## Exercise directions
Each entry must appear in the answer exactly as it does here.

## Provided information

=== Section Start ===

//! Which configurations fit a space budget.
ghost use Rattle.std.specs.Prelude.{◌≡◌, ◌*◌, ◌≤◌, ◌↔◌, IsTrue, All, if◌then◌else◌, length};
ghost use Rattle.adv_base.specs.Configs as configs;
ghost use Rattle.adv_base.specs.Named.{NamesShape};
ghost use Rattle.adv_base.specs.Sizes as size;
ghost use Rattle.adv_base.specs.declared.limits.TheConstants.{MOST_CANDIDATES, MOST_INDEX_PAGES};

use crate::size::pages;
use adv_base::limits::MOST_CANDIDATES;
use adv_base::{Catalogue, Config, IndexShape, is_apart};

/// The pages of a configuration's candidates, of which there are at most 256. It takes no memory.
pub fn config_pages(cat: &Catalogue, shapes: &[IndexShape], config: &Config) -> u64
    requires { All (NamesShape cat.now) shapes.now }
    ensures exact { result ≡ configs.config_pages cat.now shapes.now config.now }
    ensures most { result ≤ MOST_CANDIDATES * MOST_INDEX_PAGES }
{
    let mut sum = 0;
    for (i, shape) in shapes.iter().enumerate() {
        if i >= MOST_CANDIDATES {
            return sum;
        }
        sum += pages_if(cat, shape, config.on[i]);
    }
    sum
}

/// The pages of a shape that is chosen, and else 0.
fn pages_if(cat: &Catalogue, shape: &IndexShape, chosen: bool) -> u64
    requires { NamesShape cat.now shape.now }
    ensures exact { result ≡ (if chosen then size.shape_pages cat.now shape.now else 0) }
    ensures most { result ≤ MOST_INDEX_PAGES }
{
    if chosen { pages(cat, shape) } else { 0 }
}

/// Whether the candidates of a configuration together take at most a budget of pages, the room that an administrator gives
/// (CoPhy's budget row), and no two of them are clustered on one table.
pub fn fits(cat: &Catalogue, shapes: &[IndexShape], config: &Config, budget: u64) -> bool
    requires { All (NamesShape cat.now) shapes.now }
    ensures { IsTrue result ↔ configs.Fits cat.now shapes.now config.now budget }
{
    config_pages(cat, shapes, config) <= budget && is_apart(shapes, config)
}
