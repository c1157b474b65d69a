//! The pages and levels that an index takes.
ghost use Rattle.std.specs.Prelude.{◌≡◌, ◌+◌, ◌*◌, ◌<◌, ◌≤◌, All, length};
ghost use Rattle.adv_base.specs.Named.{NamesShape};
ghost use Rattle.adv_base.specs.Sizes as size;
ghost use Rattle.adv_base.specs.declared.limits.TheConstants.{MOST_INDEX_PAGES, MOST_KEYS, MOST_ROWS, MOST_WIDTH};

use adv_base::{Catalogue, IndexShape, Table, table_column};
use cardinality::table_rows;

/// The bytes of a page.
const PAGE_BYTES: u64 = 8192;
/// What an entry takes beside its keys.
const ENTRY_EXTRA_BYTES: u64 = 12;

/// The bytes of an entry: the widths of its keys, and 12 more.
fn entry_bytes(table: &Table, keys: &[u16]) -> u64
    requires few { length keys.now ≤ MOST_KEYS }
    requires named { All (λ key. key < length table.now.columns) keys.now }
    ensures exact { result ≡ size.entry_bytes table.now keys.now }
    ensures least { 12 ≤ result }
    ensures most { result ≤ MOST_KEYS * MOST_WIDTH + 12 }
{
    let mut bytes = 0;
    for key in keys {
        bytes += table_column(table, *key).width as u64;
    }
    bytes + ENTRY_EXTRA_BYTES
}

/// How many entries a page holds, which are some.
fn entries_per_page(table: &Table, keys: &[u16]) -> u64
    requires few { length keys.now ≤ MOST_KEYS }
    requires named { All (λ key. key < length table.now.columns) keys.now }
    ensures exact { result ≡ size.entries_per_page table.now keys.now }
    ensures least { 1 ≤ result }
{
    PAGE_BYTES / entry_bytes(table, keys)
}

/// The pages of the leaves: an entry a row, and as many to a page as fit whole.
#[tactic(auto, unfolding(adv_base::specs::Sizes::leaf_pages))]
fn leaf_pages(table: &Table, keys: &[u16]) -> u64
    requires few { length keys.now ≤ MOST_KEYS }
    requires named { All (λ key. key < length table.now.columns) keys.now }
    ensures exact { result ≡ size.leaf_pages table.now keys.now }
    ensures least { 1 ≤ result }
    ensures most { result ≤ MOST_ROWS }
{
    table_rows(table).div_ceil(entries_per_page(table, keys))
}

/// The pages of an index with these keys over a table: one level of leaves with an entry a row, as many to a page as
/// fit whole, and one level of as wide pages above them, each rounded up. System R's NINDX.
#[tactic(auto, unfolding(adv_base::specs::Sizes::index_pages))]
pub fn index_pages(table: &Table, keys: &[u16]) -> u64
    requires few { length keys.now ≤ MOST_KEYS }
    requires named { All (λ key. key < length table.now.columns) keys.now }
    ensures exact { result ≡ size.index_pages table.now keys.now }
    ensures least { 2 ≤ result }
    ensures most { result ≤ MOST_INDEX_PAGES }
{
    let leaves = leaf_pages(table, keys);
    leaves + leaves.div_ceil(entries_per_page(table, keys))
}

/// How many levels a search goes down: one where there is one leaf, else two.
#[tactic(auto, unfolding(adv_base::specs::Sizes::index_levels))]
pub(crate) fn index_levels(table: &Table, keys: &[u16]) -> u64
    requires few { length keys.now ≤ MOST_KEYS }
    requires named { All (λ key. key < length table.now.columns) keys.now }
    ensures exact { result ≡ size.index_levels table.now keys.now }
    ensures most { result ≤ 2 }
{
    if leaf_pages(table, keys) == 1 { 1 } else { 2 }
}

/// The pages of an index of this shape, at most 2 * 10^12.
#[tactic(auto, unfolding(adv_base::specs::Sizes::shape_pages))]
pub fn pages(cat: &Catalogue, shape: &IndexShape) -> u64
    requires { NamesShape cat.now shape.now }
    ensures exact { result ≡ size.shape_pages cat.now shape.now }
    ensures least { 2 ≤ result }
    ensures most { result ≤ MOST_INDEX_PAGES }
{
    let table = &cat.tables.items[shape.table as usize];
    index_pages(table, shape.keys.as_slice())
}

=== Section End ===

## Result of the task
//! Which configurations fit a space budget.
ghost use Rattle.std.specs.Prelude.{◌≡◌, ◌*◌, ◌≤◌, ◌↔◌, IsTrue, All, if◌then◌else◌, length};
ghost use Rattle.adv_base.specs.Configs as configs;
ghost use Rattle.adv_base.specs.Named.{NamesShape};
ghost use Rattle.adv_base.specs.Sizes as size;
ghost use Rattle.adv_base.specs.declared.limits.TheConstants.{MOST_CANDIDATES, MOST_INDEX_PAGES};

use crate::size::pages;
use adv_base::limits::MOST_CANDIDATES;
use adv_base::{Catalogue, Config, IndexShape, is_apart};

/// The pages of a configuration's candidates, of which there are at most 256. It takes no memory.
pub fn config_pages(cat: &Catalogue, shapes: &[IndexShape], config: &Config) -> u64
    requires { All (NamesShape cat.now) shapes.now }
    ensures exact { result ≡ configs.config_pages cat.now shapes.now config.now }
    ensures most { result ≤ MOST_CANDIDATES * MOST_INDEX_PAGES }
{
    let mut sum = 0;
    for (i, shape) in shapes.iter().enumerate() {
        if i >= MOST_CANDIDATES {
            return sum;
        }
        sum += pages_if(cat, shape, config.on[i]);
    }
    sum
}

/// The pages of a shape that is chosen, and else 0.
fn pages_if(cat: &Catalogue, shape: &IndexShape, chosen: bool) -> u64
    requires { NamesShape cat.now shape.now }
    ensures exact { result ≡ (if chosen then size.shape_pages cat.now shape.now else 0) }
    ensures most { result ≤ MOST_INDEX_PAGES }
{
    if chosen { pages(cat, shape) } else { 0 }
}

/// Whether the candidates of a configuration together take at most a budget of pages, the room that an administrator gives
/// (CoPhy's budget row), and no two of them are clustered on one table.
pub fn fits(cat: &Catalogue, shapes: &[IndexShape], config: &Config, budget: u64) -> bool
    requires { All (NamesShape cat.now) shapes.now }
    ensures { IsTrue result ↔ configs.Fits cat.now shapes.now config.now budget }
{
    config_pages(cat, shapes, config) <= budget && is_apart(shapes, config)
}
repository c1157b474b65d69a
//! The pages and levels that an index takes.
ghost use Rattle.std.specs.Prelude.{◌≡◌, ◌+◌, ◌*◌, ◌<◌, ◌≤◌, All, length};
ghost use Rattle.adv_base.specs.Named.{NamesShape};
ghost use Rattle.adv_base.specs.Sizes as size;
ghost use Rattle.adv_base.specs.declared.limits.TheConstants.{MOST_INDEX_PAGES, MOST_KEYS, MOST_ROWS, MOST_WIDTH};

use adv_base::{Catalogue, IndexShape, Table, table_column};
use cardinality::table_rows;

/// The bytes of a page.
const PAGE_BYTES: u64 = 8192;
/// What an entry takes beside its keys.
const ENTRY_EXTRA_BYTES: u64 = 12;

/// The bytes of an entry: the widths of its keys, and 12 more.
fn entry_bytes(table: &Table, keys: &[u16]) -> u64
    requires few { length keys.now ≤ MOST_KEYS }
    requires named { All (λ key. key < length table.now.columns) keys.now }
    ensures exact { result ≡ size.entry_bytes table.now keys.now }
    ensures least { 12 ≤ result }
    ensures most { result ≤ MOST_KEYS * MOST_WIDTH + 12 }
{
    let mut bytes = 0;
    for key in keys {
        bytes += table_column(table, *key).width as u64;
    }
    bytes + ENTRY_EXTRA_BYTES
}

/// How many entries a page holds, which are some.
fn entries_per_page(table: &Table, keys: &[u16]) -> u64
    requires few { length keys.now ≤ MOST_KEYS }
    requires named { All (λ key. key < length table.now.columns) keys.now }
    ensures exact { result ≡ size.entries_per_page table.now keys.now }
    ensures least { 1 ≤ result }
{
    PAGE_BYTES / entry_bytes(table, keys)
}

/// The pages of the leaves: an entry a row, and as many to a page as fit whole.
#[tactic(auto, unfolding(adv_base::specs::Sizes::leaf_pages))]
fn leaf_pages(table: &Table, keys: &[u16]) -> u64
    requires few { length keys.now ≤ MOST_KEYS }
    requires named { All (λ key. key < length table.now.columns) keys.now }
    ensures exact { result ≡ size.leaf_pages table.now keys.now }
    ensures least { 1 ≤ result }
    ensures most { result ≤ MOST_ROWS }
{
    table_rows(table).div_ceil(entries_per_page(table, keys))
}

/// The pages of an index with these keys over a table: one level of leaves with an entry a row, as many to a page as
/// fit whole, and one level of as wide pages above them, each rounded up. System R's NINDX.
#[tactic(auto, unfolding(adv_base::specs::Sizes::index_pages))]
pub fn index_pages(table: &Table, keys: &[u16]) -> u64
    requires few { length keys.now ≤ MOST_KEYS }
    requires named { All (λ key. key < length table.now.columns) keys.now }
    ensures exact { result ≡ size.index_pages table.now keys.now }
    ensures least { 2 ≤ result }
    ensures most { result ≤ MOST_INDEX_PAGES }
{
    let leaves = leaf_pages(table, keys);
    leaves + leaves.div_ceil(entries_per_page(table, keys))
}

/// How many levels a search goes down: one where there is one leaf, else two.
#[tactic(auto, unfolding(adv_base::specs::Sizes::index_levels))]
pub(crate) fn index_levels(table: &Table, keys: &[u16]) -> u64
    requires few { length keys.now ≤ MOST_KEYS }
    requires named { All (λ key. key < length table.now.columns) keys.now }
    ensures exact { result ≡ size.index_levels table.now keys.now }
    ensures most { result ≤ 2 }
{
    if leaf_pages(table, keys) == 1 { 1 } else { 2 }
}

/// The pages of an index of this shape, at most 2 * 10^12.
#[tactic(auto, unfolding(adv_base::specs::Sizes::shape_pages))]
pub fn pages(cat: &Catalogue, shape: &IndexShape) -> u64
    requires { NamesShape cat.now shape.now }
    ensures exact { result ≡ size.shape_pages cat.now shape.now }
    ensures least { 2 ≤ result }
    ensures most { result ≤ MOST_INDEX_PAGES }
{
    let table = &cat.tables.items[shape.table as usize];
    index_pages(table, shape.keys.as_slice())
}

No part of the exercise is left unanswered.